Collected data entries:
········

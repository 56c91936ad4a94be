// The lines of the markers. A marker has 18 words of the array that Match writes; a word past the array counts as 0.
ghost use Rattle.std.specs.Prelude.{◌≡◌, ◌∷◌, ◌++◌};
ghost use Rattle.place_text.specs.Numerals.{hex8, decimal, signed_word};
ghost use Rattle.place_text.specs.Text.{and_words, word_of, reading, marker_line, marker_lines};
ghost use Rattle.place_text.specs.Writing.{Wrote};

use super::writer::Page;

const STRIDE: usize = 18;

// Not `get`: the index of a word may exceed a `usize`, since `k` may be any number.
fn word(markers: &[u32], k: usize, w: usize) -> u32
    ensures { result ≡ word_of markers.now k w }
{
    if markers.len() / STRIDE < k {
        return 0;
    }
    let first = STRIDE * k;
    if markers.len() - first <= w {
        return 0;
    }
    markers[first + w]
}

impl<'a> Page<'a> {
    fn and_word(&mut self, markers: &[u32], k: usize, w: usize)
        ensures { Wrote (32 ∷ decimal (word_of markers.now k w)) self.old self.new }
    {
        self.and_decimal(word(markers, k, w) as u64);
    }

    fn and_signed_word(&mut self, markers: &[u32], k: usize, w: usize)
        ensures { Wrote (32 ∷ signed_word (word_of markers.now k w)) self.old self.new }
    {
        self.and_signed(word(markers, k, w).cast_signed());
    }

    // The code's high word follows its low word in the array.
    fn and_code(&mut self, markers: &[u32], k: usize)
        ensures { Wrote (32 ∷ (hex8 (word_of markers.now k 7) ++ hex8 (word_of markers.now k 6))) self.old self.new }
    {
        let low = word(markers, k, 6);
        let high = word(markers, k, 7);
        self.and_hex16(high, low);
    }

    fn and_float(&mut self, markers: &[u32], k: usize, w: usize)
        ensures { Wrote (32 ∷ hex8 (word_of markers.now k w)) self.old self.new }
    {
        self.and_hex8(word(markers, k, w));
    }

    // The last words of the line: Hamming distance, code, quotient.
    fn and_reading(&mut self, markers: &[u32], k: usize)
        ensures { Wrote (and_words (reading markers.now k)) self.old self.new }
    {
        self.and_word(markers, k, 5);
        self.and_code(markers, k);
        self.and_float(markers, k, 8);
        self.put(b'\n');
    }

    // Marker `k`: cell, id, u, v, turn, then the last words.
    fn put_marker(&mut self, markers: &[u32], k: usize)
        ensures { Wrote (marker_line markers.now k) self.old self.new }
    {
        self.put_all(b"marker");
        self.and_word(markers, k, 0);
        self.and_word(markers, k, 1);
        self.and_signed_word(markers, k, 2);
        self.and_signed_word(markers, k, 3);
        self.and_word(markers, k, 4);
        self.and_reading(markers, k);
    }

    // The first `count` markers.
    pub fn put_markers(&mut self, markers: &[u32], count: usize)
        ensures { Wrote (marker_lines markers.now count) self.old self.new }
    {
        self.at = self.at.min(self.text.len());
        for k in 0..count {
            self.put_marker(markers, k);
        }
    }
}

········

BRIEF: Beginning at the first line above, repeat exactly until the line containing "let first = STRIDE * k;", which is included.

YOUR SOLUTION:
repository 56c91936ad4a94be
// The lines of the markers. A marker has 18 words of the array that Match writes; a word past the array counts as 0.
ghost use Rattle.std.specs.Prelude.{◌≡◌, ◌∷◌, ◌++◌};
ghost use Rattle.place_text.specs.Numerals.{hex8, decimal, signed_word};
ghost use Rattle.place_text.specs.Text.{and_words, word_of, reading, marker_line, marker_lines};
ghost use Rattle.place_text.specs.Writing.{Wrote};

use super::writer::Page;

const STRIDE: usize = 18;

// Not `get`: the index of a word may exceed a `usize`, since `k` may be any number.
fn word(markers: &[u32], k: usize, w: usize) -> u32
    ensures { result ≡ word_of markers.now k w }
{
    if markers.len() / STRIDE < k {
        return 0;
    }
    let first = STRIDE * k;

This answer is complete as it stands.